» **EXERCISE REQUIREMENTS**: Copy out all the lines of the data that hold the word "Refused".

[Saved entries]
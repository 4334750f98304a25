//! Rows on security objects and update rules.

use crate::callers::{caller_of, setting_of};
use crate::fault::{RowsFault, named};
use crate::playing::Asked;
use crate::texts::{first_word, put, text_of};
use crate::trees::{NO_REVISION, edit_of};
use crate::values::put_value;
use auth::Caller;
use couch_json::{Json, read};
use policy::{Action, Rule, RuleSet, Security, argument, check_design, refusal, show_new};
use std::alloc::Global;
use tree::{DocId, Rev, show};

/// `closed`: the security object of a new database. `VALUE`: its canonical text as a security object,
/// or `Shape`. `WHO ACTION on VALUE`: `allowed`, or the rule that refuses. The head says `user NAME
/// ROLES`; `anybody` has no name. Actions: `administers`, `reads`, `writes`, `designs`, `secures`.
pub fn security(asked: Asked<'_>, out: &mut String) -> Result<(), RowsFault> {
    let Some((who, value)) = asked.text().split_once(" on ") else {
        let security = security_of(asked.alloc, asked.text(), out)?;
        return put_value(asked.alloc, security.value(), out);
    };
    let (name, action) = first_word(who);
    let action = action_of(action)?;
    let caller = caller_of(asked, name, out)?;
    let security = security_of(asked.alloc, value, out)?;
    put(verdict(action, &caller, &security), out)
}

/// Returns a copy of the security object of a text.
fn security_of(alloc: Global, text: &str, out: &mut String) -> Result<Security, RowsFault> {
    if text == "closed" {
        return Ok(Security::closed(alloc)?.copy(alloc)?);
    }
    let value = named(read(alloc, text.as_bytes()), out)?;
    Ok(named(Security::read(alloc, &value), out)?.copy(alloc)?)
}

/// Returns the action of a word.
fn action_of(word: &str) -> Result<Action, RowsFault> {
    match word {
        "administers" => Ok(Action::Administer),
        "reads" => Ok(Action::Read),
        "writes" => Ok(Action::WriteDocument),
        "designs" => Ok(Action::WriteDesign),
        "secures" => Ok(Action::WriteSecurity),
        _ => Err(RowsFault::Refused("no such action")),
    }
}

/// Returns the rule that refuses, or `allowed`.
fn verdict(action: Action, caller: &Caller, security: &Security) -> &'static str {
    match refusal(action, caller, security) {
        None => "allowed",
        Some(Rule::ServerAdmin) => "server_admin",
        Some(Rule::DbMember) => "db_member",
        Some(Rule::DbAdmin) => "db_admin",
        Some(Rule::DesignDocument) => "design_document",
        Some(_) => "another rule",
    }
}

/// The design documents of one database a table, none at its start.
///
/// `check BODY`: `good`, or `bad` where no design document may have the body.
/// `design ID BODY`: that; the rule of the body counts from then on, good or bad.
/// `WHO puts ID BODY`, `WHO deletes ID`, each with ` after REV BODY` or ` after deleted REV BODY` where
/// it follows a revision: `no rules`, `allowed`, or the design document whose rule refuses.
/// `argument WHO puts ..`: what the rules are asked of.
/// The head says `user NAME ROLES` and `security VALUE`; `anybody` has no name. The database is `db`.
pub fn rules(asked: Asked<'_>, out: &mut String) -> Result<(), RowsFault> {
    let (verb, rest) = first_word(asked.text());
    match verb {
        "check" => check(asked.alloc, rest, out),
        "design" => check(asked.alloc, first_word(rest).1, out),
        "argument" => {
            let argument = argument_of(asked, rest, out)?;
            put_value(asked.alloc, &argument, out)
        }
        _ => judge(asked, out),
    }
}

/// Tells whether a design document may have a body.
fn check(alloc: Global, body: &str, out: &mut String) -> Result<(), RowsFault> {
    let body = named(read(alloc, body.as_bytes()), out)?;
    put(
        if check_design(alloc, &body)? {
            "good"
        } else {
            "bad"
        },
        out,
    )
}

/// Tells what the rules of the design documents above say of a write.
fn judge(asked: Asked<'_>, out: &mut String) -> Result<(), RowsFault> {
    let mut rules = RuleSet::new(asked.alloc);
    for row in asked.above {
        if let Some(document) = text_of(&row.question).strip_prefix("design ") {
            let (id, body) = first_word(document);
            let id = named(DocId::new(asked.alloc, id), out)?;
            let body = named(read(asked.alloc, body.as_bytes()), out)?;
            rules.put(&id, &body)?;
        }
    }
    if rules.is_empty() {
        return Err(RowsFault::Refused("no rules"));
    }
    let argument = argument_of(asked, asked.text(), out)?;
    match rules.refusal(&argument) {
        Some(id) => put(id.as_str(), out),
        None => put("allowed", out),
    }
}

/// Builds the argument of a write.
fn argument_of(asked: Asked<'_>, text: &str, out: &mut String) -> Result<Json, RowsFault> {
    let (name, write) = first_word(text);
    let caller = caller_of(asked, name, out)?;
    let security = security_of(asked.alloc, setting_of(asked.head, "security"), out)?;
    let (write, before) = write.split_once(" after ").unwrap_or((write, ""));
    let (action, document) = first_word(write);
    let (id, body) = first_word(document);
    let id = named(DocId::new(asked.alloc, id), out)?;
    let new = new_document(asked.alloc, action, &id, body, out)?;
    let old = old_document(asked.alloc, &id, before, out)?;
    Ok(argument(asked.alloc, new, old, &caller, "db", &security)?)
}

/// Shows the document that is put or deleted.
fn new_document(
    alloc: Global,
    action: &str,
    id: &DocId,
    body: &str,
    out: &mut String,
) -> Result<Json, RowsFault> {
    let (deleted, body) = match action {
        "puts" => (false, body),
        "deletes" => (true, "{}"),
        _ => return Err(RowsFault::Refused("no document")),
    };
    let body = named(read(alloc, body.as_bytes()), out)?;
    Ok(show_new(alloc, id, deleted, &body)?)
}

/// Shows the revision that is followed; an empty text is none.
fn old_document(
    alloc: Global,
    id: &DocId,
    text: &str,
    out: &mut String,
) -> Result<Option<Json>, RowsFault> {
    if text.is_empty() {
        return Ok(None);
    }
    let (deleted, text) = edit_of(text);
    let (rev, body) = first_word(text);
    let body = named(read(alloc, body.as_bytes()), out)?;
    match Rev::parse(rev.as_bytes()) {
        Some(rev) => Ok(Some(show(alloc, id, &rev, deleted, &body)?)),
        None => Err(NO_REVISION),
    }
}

* * *

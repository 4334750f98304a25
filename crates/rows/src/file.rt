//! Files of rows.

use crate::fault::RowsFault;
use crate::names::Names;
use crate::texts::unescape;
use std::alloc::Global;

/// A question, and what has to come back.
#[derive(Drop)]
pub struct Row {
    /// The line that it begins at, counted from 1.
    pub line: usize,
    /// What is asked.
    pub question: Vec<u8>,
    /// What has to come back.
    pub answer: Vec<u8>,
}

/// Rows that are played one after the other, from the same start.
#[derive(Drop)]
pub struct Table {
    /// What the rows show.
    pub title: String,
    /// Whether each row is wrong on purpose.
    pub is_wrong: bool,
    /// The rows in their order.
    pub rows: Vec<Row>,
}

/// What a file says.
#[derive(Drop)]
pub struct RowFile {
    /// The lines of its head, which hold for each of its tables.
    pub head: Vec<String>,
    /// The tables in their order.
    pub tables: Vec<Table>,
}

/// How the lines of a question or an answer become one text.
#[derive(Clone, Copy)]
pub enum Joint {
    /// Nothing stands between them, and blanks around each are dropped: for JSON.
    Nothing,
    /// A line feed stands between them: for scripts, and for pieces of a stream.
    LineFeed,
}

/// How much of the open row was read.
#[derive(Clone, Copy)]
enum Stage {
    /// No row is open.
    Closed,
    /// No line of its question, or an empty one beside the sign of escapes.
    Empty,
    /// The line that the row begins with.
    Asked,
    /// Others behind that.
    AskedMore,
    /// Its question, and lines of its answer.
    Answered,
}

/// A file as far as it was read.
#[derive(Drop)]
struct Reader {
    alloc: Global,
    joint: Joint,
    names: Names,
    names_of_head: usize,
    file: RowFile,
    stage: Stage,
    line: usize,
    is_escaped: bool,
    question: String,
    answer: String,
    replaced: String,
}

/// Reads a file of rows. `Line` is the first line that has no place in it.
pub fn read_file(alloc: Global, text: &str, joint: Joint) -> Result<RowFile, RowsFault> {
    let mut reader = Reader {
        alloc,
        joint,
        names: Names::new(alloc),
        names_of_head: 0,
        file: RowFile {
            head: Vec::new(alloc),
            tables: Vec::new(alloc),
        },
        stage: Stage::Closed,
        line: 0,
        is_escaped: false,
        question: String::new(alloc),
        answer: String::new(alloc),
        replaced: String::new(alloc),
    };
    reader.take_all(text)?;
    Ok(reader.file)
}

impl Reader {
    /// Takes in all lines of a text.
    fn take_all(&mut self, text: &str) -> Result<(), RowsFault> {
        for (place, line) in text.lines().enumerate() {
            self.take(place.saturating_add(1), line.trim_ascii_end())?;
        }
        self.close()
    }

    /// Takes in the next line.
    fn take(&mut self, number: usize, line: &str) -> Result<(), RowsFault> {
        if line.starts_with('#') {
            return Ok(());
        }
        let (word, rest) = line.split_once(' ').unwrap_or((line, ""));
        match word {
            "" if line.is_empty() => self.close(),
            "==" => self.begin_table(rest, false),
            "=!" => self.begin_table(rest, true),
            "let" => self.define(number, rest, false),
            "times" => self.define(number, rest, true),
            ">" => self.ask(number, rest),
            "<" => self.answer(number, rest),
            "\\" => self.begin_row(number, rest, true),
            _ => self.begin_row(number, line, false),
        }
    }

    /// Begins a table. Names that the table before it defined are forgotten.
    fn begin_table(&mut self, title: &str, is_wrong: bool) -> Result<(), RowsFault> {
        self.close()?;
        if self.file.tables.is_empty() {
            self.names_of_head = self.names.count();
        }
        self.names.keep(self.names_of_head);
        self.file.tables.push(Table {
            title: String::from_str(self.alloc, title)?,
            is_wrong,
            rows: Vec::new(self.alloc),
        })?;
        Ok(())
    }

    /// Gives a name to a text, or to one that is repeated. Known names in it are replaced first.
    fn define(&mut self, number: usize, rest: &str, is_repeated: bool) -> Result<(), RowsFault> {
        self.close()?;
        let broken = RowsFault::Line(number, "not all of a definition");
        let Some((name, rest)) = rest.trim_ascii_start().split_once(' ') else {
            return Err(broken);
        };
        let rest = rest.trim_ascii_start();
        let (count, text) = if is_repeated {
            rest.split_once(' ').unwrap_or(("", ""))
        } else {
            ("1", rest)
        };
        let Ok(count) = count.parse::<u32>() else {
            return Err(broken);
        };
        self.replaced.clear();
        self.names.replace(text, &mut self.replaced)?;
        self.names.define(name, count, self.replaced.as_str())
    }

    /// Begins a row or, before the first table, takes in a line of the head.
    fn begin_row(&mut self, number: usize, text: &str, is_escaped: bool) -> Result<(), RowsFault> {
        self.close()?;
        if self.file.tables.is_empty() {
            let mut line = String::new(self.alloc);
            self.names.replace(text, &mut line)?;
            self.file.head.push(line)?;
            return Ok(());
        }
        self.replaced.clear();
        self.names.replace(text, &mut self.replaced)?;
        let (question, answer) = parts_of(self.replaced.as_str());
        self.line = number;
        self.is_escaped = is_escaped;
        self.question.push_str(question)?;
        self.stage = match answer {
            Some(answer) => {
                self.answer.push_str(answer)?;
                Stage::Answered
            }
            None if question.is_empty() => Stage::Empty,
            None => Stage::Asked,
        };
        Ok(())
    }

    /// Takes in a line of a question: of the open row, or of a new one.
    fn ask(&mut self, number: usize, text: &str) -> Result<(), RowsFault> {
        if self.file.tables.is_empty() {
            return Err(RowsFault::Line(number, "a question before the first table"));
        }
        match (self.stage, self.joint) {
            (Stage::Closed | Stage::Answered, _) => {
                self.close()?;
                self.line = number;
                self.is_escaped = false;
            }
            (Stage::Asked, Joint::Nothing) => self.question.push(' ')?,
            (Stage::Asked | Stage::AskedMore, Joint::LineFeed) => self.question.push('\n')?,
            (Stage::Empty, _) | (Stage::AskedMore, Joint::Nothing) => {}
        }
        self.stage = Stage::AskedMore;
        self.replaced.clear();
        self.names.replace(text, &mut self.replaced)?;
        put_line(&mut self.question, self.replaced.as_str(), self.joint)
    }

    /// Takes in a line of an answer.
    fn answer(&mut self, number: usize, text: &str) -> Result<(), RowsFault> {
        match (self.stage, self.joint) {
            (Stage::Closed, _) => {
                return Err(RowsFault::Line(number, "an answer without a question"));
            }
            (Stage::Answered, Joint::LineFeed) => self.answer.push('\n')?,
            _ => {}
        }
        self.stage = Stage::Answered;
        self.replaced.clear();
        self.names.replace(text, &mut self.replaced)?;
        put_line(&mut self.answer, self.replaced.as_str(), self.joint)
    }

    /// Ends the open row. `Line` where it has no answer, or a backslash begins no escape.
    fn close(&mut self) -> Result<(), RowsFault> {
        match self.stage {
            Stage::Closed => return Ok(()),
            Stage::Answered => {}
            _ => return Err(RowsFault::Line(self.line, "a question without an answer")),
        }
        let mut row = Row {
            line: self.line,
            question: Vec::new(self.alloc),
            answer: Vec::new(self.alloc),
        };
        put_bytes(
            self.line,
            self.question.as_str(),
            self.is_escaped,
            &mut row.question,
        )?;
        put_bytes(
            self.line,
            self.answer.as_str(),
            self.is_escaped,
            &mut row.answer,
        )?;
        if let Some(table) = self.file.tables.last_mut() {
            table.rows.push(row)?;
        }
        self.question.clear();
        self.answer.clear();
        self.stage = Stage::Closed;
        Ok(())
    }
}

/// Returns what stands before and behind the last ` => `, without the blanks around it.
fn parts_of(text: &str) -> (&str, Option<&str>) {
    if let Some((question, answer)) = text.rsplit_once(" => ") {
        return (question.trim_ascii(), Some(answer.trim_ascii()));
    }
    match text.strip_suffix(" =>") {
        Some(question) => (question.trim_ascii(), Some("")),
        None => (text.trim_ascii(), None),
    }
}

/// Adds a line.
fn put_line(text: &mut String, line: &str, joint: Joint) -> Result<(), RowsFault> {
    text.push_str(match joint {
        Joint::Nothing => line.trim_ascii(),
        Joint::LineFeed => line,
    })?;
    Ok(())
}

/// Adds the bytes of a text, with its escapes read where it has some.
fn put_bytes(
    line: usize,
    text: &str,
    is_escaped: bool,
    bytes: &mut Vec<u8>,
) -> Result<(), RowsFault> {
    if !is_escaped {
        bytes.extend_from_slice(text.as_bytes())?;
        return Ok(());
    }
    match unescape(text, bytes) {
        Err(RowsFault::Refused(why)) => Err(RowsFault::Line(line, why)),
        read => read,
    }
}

» **TASK RESPONSE**:
        _ => Err(RowsFault::Refused("no such action")),
        return Err(RowsFault::Refused("no rules"));
        _ => return Err(RowsFault::Refused("no document")),
        Err(RowsFault::Refused(why)) => Err(RowsFault::Line(line, why)),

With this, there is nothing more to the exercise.